### EXERCISE DIRECTIONS
Throughout the listing that follows, find each line with the word "records" and copy it.

[EXTRACTED INFORMATION]

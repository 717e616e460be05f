// The table: is it sound, how many monitors does it hold, and where does the record of each lie?
ghost use Rattle.std.specs.Prelude.{◌≡◌, cond, ◌+◌, ◌*◌, ◌<◌, ◌≤◌, length, MatchOption};
ghost use Rattle.laws.specs.Counts.{all};
ghost use Rattle.laws.specs.Rows.{rows};
ghost use Rattle.records.specs.Record.{record_size, record_sound};
ghost use Rattle.judging.specs.Table.{monitors, whole_table, sound};

use records::{MOST_MONITORS, RECORD_SIZE, record_sound};
use std::ops::Range;

// Where the record at k lies in a table, counted from 0; nowhere in one that has no whole record there.
pub fn record_at(table: &[u8], k: usize) -> Option<Range<usize>>
    ensures { MatchOption result (length table.now < k * record_size + record_size) (λ lies. (lies.start ≡ k * record_size) × (lies.end ≡ k * record_size + record_size) × (lies.end ≤ length table.now)) }
{
    if table.len() / RECORD_SIZE <= k {
        return None;
    }
    let at = k * RECORD_SIZE;
    Some(at..at + RECORD_SIZE)
}

// Does the table hold n whole records, and no more than a chain has?
#[tactic(auto, unfolding(crate::specs::Table::whole_table))]
pub fn whole_table(table: &[u8], n: usize) -> bool
    ensures { result ≡ whole_table n table.now }
{
    n <= MOST_MONITORS && table.len() == n * RECORD_SIZE
}

// Are the whole records of a table sound?
fn all_sound(table: &[u8]) -> bool
    ensures { result ≡ all record_sound (rows record_size (monitors table.now) table.now) }
{
    table.chunks_exact(RECORD_SIZE).all(|rec| record_sound(rec))
}

// Does the table hold whole records, 1 to 32 of them, each of them sound?
#[tactic(auto, using(crate::proofs::Whole::by_parts), unfolding(crate::specs::Table::monitors))]
pub fn sound(table: &[u8]) -> bool
    ensures { result ≡ sound table.now }
{
    let n = table.len() / RECORD_SIZE;
    n > 0 && whole_table(table, n) && all_sound(table)
}

// The number of monitors of a sound table, and 0 of any other.
#[tactic(auto, unfolding(crate::specs::Table::monitors))]
pub fn sound_count(table: &[u8]) -> usize
    ensures { result ≡ cond (sound table.now) (monitors table.now) 0 }
{
    if sound(table) {
        table.len() / RECORD_SIZE
    } else {
        0
    }
}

[/EXTRACTED INFORMATION]

### RESPONSE AREA
ghost use Rattle.records.specs.Record.{record_size, record_sound};
use records::{MOST_MONITORS, RECORD_SIZE, record_sound};
// Does the table hold n whole records, and no more than a chain has?
// Are the whole records of a table sound?
// Does the table hold whole records, 1 to 32 of them, each of them sound?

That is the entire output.